Once Differential Flamegraph has difference values, it generates a color gradient for the cells. 0 (no difference) is pegged white. max(diff) is red and min(diff) is blue.

Some implications:

The raw difference in number of cycles is nowhere on the graph.
The raw difference in number of cycles is hard to calculate (must multiply by number of cycles, can't do in head).
In common usage, percent difference is usually divide by before_total not after_total. This means for a binary that went from 200 to 100 cycles -- which most would call a decrease of 50% -- Flamegraph will call it -100%. You would probably want to speak of this value as "100% faster."
The color gradient does not reference absolute values and cannot be compared directly across Flamegraphs.

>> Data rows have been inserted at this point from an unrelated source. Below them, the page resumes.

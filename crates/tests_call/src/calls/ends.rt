// Sources and sinks that fail, at each of the calls that are made of them.
use super::{Outcome, ROOM, call_with, comes_to};
use core_workers::FreeGate;
use std::alloc::Global;
use std::sync::Wait;
use std::test::Fail;
use std::thread::Threads;
use std::time::Clock;

const NO_VCPUS: &str = "plan cores 1 vcpus 0\ncore 0\n102600 -\nend\n";

const PAIR: &str = "cores = 2
[[vcpu]]
name = \"a\"
share_ppm = 600000
latency_ns = 100000000
[[vcpu]]
name = \"b\"
share_ppm = 600000
latency_ns = 100000000
[[vcpu]]
name = \"c\"
share_ppm = 200000
latency_ns = 100000000
";

const PAIR_PLAN: &str = "plan cores 2 vcpus 3
vcpu a period 102600 cost 61560 home 0
vcpu b period 102600 cost 61560 home 1
vcpu c period 51300 cost 10260 home 0
core 0
10260 c
71820 a
82080 c
102600 -
core 1
61560 b
102600 -
end
";

// A vCPU of half a core, and tables that have a tick less for it.
const SHORT_OF_HALF: &str = "cores = 1
[[vcpu]]
name = \"a\"
share_ppm = 500000
latency_ns = 102702600
%%
plan cores 1 vcpus 1
vcpu a period 102600 cost 51300 home 0
core 0
51299 a
102600 -
end
";

const HALF: &str = "cores = 1
[[vcpu]]
name = \"a\"
share_ppm = 500000
latency_ns = 102702600
%%
";

const HALF_REPORT: &str = "run 1 rounds 1 cores 0 events
round 0 plan 0
vcpu a offered 51300 slots 51300 shared 51300 gap 51300
core 0 slots 51300 shared 51300 idle 0
done
";

// One core without vCPUs, whose stint is as long as the round, and no event.
const IDLE: &str = "cores = 1\nlag = 102600\n%%\n";

const IDLE_TRACE: &str = "core 0 0 102600 used 0 seen 0 - idle
run 1 rounds 1 cores 0 events
round 0 plan 0
core 0 slots 0 shared 0 idle 102600
done
";

// A vCPU of half a core, and the steps of its first stint.
const REPLAY: &str = "cores = 1
[[vcpu]]
name = \"a\"
share_ppm = 500000
latency_ns = 102702600

%%

%%
see 0
decide 0
run 0";

const REPLAY_TEXT: &str = "core 0 round 0 count 0\ncore 0 0 1000 used 0 seen 0 a slot\nposted 0\n";

// Words, input, and what comes where neither of the two reads fails: the exit status, the text, and whether the board
// is started.
type Row<'a> = (&'a str, &'a str, u8, &'a str, bool);

const READS: [Row<'static>; 4] = [
    ("plan", "cores = 1\n", 0, NO_VCPUS, false),
    ("plan", PAIR, 0, PAIR_PLAN, false),
    ("run 1", HALF, 0, HALF_REPORT, true),
    (
        "check",
        SHORT_OF_HALF,
        7,
        "no: a has 51299 of 51300 ticks in period 0\n",
        false,
    ),
];

const READ_FAULT: Outcome<'static> = (4, b"refused: read fault\n", false);

// Whether the call ends so if its first or its second read fails, and as the row says if neither does.
fn ends_by_reads<R: Threads + Wait + Clock + Sync>(
    rt: &R,
    alloc: Global,
    row: &Row<'_>,
) -> Result<bool, Fail> {
    let (words, input, exit, text, started) = *row;
    for failing in 0..3 {
        let called = call_with(rt, alloc, words, input, &[failing], ROOM, &FreeGate)?;
        let whole = (exit, text.as_bytes(), started);
        let outcome = if failing < 2 { READ_FAULT } else { whole };
        if !comes_to(&called, &outcome) {
            return Ok(false);
        }
    }
    Ok(true)
}

#[test]
fn reads_that_fail(rt: HostRuntime) -> Result<(), Fail> {
    for row in &READS {
        assert!(rt; ends_by_reads(&rt, rt.alloc(), row)?, "{}", row.0);
    }
    Ok(())
}

const ROOMS: [Row<'static>; 6] = [
    ("plan", "cores = 1\n", 0, NO_VCPUS, false),
    ("plan", PAIR, 0, PAIR_PLAN, false),
    ("", "", 1, "refused: usage at word 0\n", false),
    ("replay 1", REPLAY, 0, REPLAY_TEXT, false),
    ("run 1 trace", IDLE, 0, IDLE_TRACE, true),
    ("run 1", HALF, 0, HALF_REPORT, true),
];

// Whether the text is cut where the room ends, for every room up to its length. Where there is room for all, the call
// ends with the row's status; its board is started as the row says.
fn ends_by_room<R: Threads + Wait + Clock + Sync>(
    rt: &R,
    alloc: Global,
    row: &Row<'_>,
) -> Result<bool, Fail> {
    let (words, input, whole, text, started) = *row;
    for room in 0..=text.len() {
        let called = call_with(rt, alloc, words, input, &[], room, &FreeGate)?;
        let exit = if room < text.len() { 5 } else { whole };
        if !comes_to(&called, &(exit, &text.as_bytes()[..room], started)) {
            return Ok(false);
        }
    }
    Ok(true)
}

#[test]
fn room_for_a_prefix_of_a_text(rt: HostRuntime) -> Result<(), Fail> {
    for row in &ROOMS {
        assert!(rt; ends_by_room(&rt, rt.alloc(), row)?, "{}", row.0);
    }
    Ok(())
}
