// Runs that the machine's own next steps lead to their end, as inputs of `replay`.
ghost use Rattle.std.specs.Prelude.{◌≡◌, ◌<◌, ◌≤◌, length};
ghost use Rattle.table_form.specs.Running.Courses.{FitsRounds};

use super::{SPLIT, call_with};
use core_workers::FreeGate;
use host_doc::read_host;
use plan_book::make_book;
use script_doc::{Step, read_script};
use std::alloc::Global;
use std::sync::Wait;
use std::test::Fail;
use std::thread::Threads;
use std::time::Clock;
use step_machine::World;
use tab_core::NoMemory;
use table_form::Course;

// More steps than any of these runs takes.
const TURNS: u32 = 200_000;

const ROOM: usize = 8_000_000;

// The machine's next steps until the run is whole. None where it takes more than `TURNS`.
fn steps_to_the_end(
    alloc: Global,
    course: &Course,
    rounds: u32,
) -> Result<Option<Vec<Step>>, NoMemory>
    requires { FitsRounds course.now rounds }
{
    let mut world = World::make(alloc, course, rounds, TURNS)?;
    let mut steps = Vec::new(alloc);
    for _turn in 0..TURNS {
        let Some(step) = world.next() else {
            return Ok(Some(steps));
        };
        let _answer = world.apply(copy_of(&step));
        steps.push(step)?;
    }
    Ok(None)
}

fn copy_of(step: &Step) -> Step
    ensures { result ≡ step.now }
{
    *step
}

// The input of a replay of these steps, and how many of them have a line in its text.
fn input_of(
    alloc: Global,
    host: &str,
    script: &str,
    steps: &[Step],
) -> Result<(String, usize), NoMemory> {
    let mut text = String::from_str(alloc, host)?;
    text.push_str("%%\n")?;
    text.push_str(script)?;
    text.push_str("%%\n")?;
    let mut lines = 0usize;
    for step in steps {
        let line = match step {
            Step::Post => String::from_str(alloc, "post\n")?,
            Step::See(core) => format!(in alloc; "see {}\n", core.0)?,
            Step::Decide(core) => format!(in alloc; "decide {}\n", core.0)?,
            Step::Run(core) => format!(in alloc; "run {}\n", core.0)?,
        };
        text.push_str(line.as_str())?;
        if matches!(step, Step::Decide(_) | Step::Run(_)) {
            lines = lines.saturating_add(1);
        }
    }
    Ok((text, lines))
}

// Whether a replay of the run to its end is done, has a line for each step that has one, and ends
// with this line.
fn ends_whole<R: Threads + Wait + Clock + Sync>(
    rt: &R,
    alloc: Global,
    host: &str,
    script: &str,
    rounds: u32,
    last: &str,
) -> Result<bool, Fail>
    requires some { 1 ≤ rounds }
    requires few { rounds ≤ 64 }
    requires short { length script.now < 1000 }
{
    let read = read_host(alloc, host.as_bytes())?;
    let events = read_script(alloc, script.as_bytes(), &read, rounds)?;
    let book = match make_book(alloc, &read, &events) {
        Ok(book) => book,
        Err(_) => return Err(Fail::from("no book")),
    };
    let Some(steps) = steps_to_the_end(alloc, book.course(), rounds)? else {
        return Err(Fail::from("too many steps"));
    };
    let (input, lines) = input_of(alloc, host, script, &steps)?;
    let words = format!(in alloc; "replay {rounds}")?;
    let called = call_with(
        rt,
        alloc,
        words.as_str(),
        input.as_str(),
        &[],
        ROOM,
        &FreeGate,
    )?;
    let text = called.sink.bytes();
    let found = text.iter().filter(|byte| **byte == b'\n').count();
    Ok(called.exit == 0 && found == lines.saturating_add(1) && text.ends_with(last.as_bytes()))
}

// Blocks, changes of which one is refused, and wakes up to the run's end.
const BUSY: &str = "0 block b
10000 block a
20000 change set b 300000 100000000
50000 wake a
102600 change leave c
150000 block b
160000 change set c 900000 100000000 set a 900000 100000000 set b 900000 100000000
160000 wake c
205199 wake b
";

// Three cores that are at most 7 ticks apart, with tables of short slots.
const CLOSE: &str = "cores = 3
lag = 7
quantum = 5
sliver = 0
[[vcpu]]
name = \"a\"
share_ppm = 100000
latency_ns = 180180
[[vcpu]]
name = \"b\"
share_ppm = 900000
latency_ns = 102702600
[[vcpu]]
name = \"c\"
share_ppm = 500000
latency_ns = 5000000
[[vcpu]]
name = \"x\"
admitted = false
";

const FEW: &str = "7 block b\n8 wake x\n99999 change leave c\n102599 wake b\n";

// A host, a script, rounds, and the last line.
const RUNS: [(&str, &str, u32, &str); 5] = [
    (SPLIT, "", 1, "posted 0\n"),
    (SPLIT, BUSY, 2, "posted 9\n"),
    (SPLIT, BUSY, 3, "posted 9\n"),
    (CLOSE, "", 1, "posted 0\n"),
    (CLOSE, FEW, 1, "posted 4\n"),
];

#[test]
fn runs_end_whole(rt: HostRuntime) -> Result<(), Fail> {
    for (host, script, rounds, last) in RUNS {
        assert!(rt;
            ends_whole(&rt, rt.alloc(), host, script, rounds, last)?,
            "of {script}"
        );
    }
    Ok(())
}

Differential Flamegraph can also normalize the two distributions with the -n option (before distribution is scaled linearly to match after). This is handy, and intended for in-situ measurements where load may change between measurements. Some gotchas though:

Constant work can get skewed. Say before is scaled larger because the after measurement had higher load. Now it appears the constant work decreased in runtime when really, that constant work was, well, constant.
You have a binary, it takes 100 cycles, you modify it, all functions take 2x cycles as before. Normalized, the two appear identical.

Ultimately, normalization is complicated and linear scaling is going to have some issues.

So go forth, use Differential Flamegraphs. Avoid the normalize option unless you are measuring server performance that changes in load. Understand that the percentages are really a globally-scaled diff. Don't look for raw differences (not available). Don't compare colors across graphs.